Stability and bifurcation analysis of a heroin model with diffusion, delay and nonlinear incidence rate.

As we all know, the use of heroin and other drugs in Europe and more specifically in Ireland and the resulting prevalence are well documented. A huge population is still dying using heroin every day. This may happen due to, several reasons like, excessive use of painkiller, lack of awareness etc. It has also inspired mathematical modelers to develop dynamical systems predicting the use of heroin in long run. In this work, the effect of heroin in Europe has been discussed by constructing a suitable mathematical model. Our model describes the process of treatment for heroin users by consolidating a sensible utilitarian structure that speaking to the restricted accessibility of treatment. In the treatment time frame, because of the discretion of the medication clients, some kind of time delay called immunity delay might be found. The effect of immunity delay on the system's stability has been examined. The existence of positive solution and its boundedness has been established.
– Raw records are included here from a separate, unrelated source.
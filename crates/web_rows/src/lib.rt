// A row of a table of the report in HTML: of the body, and of the total after it.
#![tactic(auto)]

ghost use Rattle.std.specs.Prelude.{◌+◌, ◌*◌, ◌≤◌};
ghost use Rattle.composing.specs.Text.{Put};
ghost use Rattle.table_heads.specs.Heads.{Fits};
ghost use Rattle.web_rows.specs.Rows.{web_cells, web_row, web_foot};

use composing::put_bytes;
use table_cells::{MOST_PLACES, put_web_cell_at};
use table_heads::{Shape, put_label};

// n cells from place p on.
fn put_web_cells(
    out: &mut [u8],
    at: usize,
    values: &[i64; MOST_PLACES],
    styles: &[u8; MOST_PLACES],
    p: usize,
    n: usize,
) -> usize
    requires { p + n ≤ 320 }
    ensures { Put out.old out.new at result (web_cells values.now styles.now p n) }
{
    let mut end = at;
    for j in 0..n {
        end = put_web_cell_at(out, end, values, styles, p + j);
    }
    end
}

// Row i of the body, or the total after it.
pub fn put_web_row(
    out: &mut [u8],
    at: usize,
    labels: &[u8],
    total: &[u8],
    shape: Shape,
    values: &[i64; MOST_PLACES],
    styles: &[u8; MOST_PLACES],
    i: usize,
) -> usize
    requires { Fits shape × (i ≤ shape.rows) }
    ensures { Put out.old out.new at result (web_row labels.now total.now shape values.now styles.now i) }
{
    let text = put_bytes(out, at, b"<tr><th scope=\"row\">");
    let a = put_label(out, text, labels, total, shape, i);
    let b = put_bytes(out, a, b"</th>");
    let end = put_web_cells(out, b, values, styles, i * shape.columns, shape.columns);
    put_bytes(out, end, b"</tr>\n")
}

// The total, where there is one.
pub fn put_web_foot(
    out: &mut [u8],
    at: usize,
    labels: &[u8],
    total: &[u8],
    shape: Shape,
    values: &[i64; MOST_PLACES],
    styles: &[u8; MOST_PLACES],
) -> usize
    requires { Fits shape }
    ensures { Put out.old out.new at result (web_foot labels.now total.now shape values.now styles.now) }
{
    if total.len() == 0 {
        at
    } else {
        let row = put_bytes(out, at, b"<tfoot>\n");
        let end = put_web_row(out, row, labels, total, shape, values, styles, shape.rows);
        put_bytes(out, end, b"</tfoot>\n")
    }
}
Also, the local stability of the interior equilibrium point has been studied. Taking the immunity delay as the key parameter, the condition for Hopf-bifurcation has been studied. Using normal form theory and center manifold theorem, we have likewise talked about the direction and stability of delay induced Hopf-bifurcation. The corresponding reaction diffusion system with Dirichlet boundary condition has been considered and the Turing instability has been studied. Obtained solutions have also been plotted by choosing a suitable value of the parameters as the support of our obtained analytical results.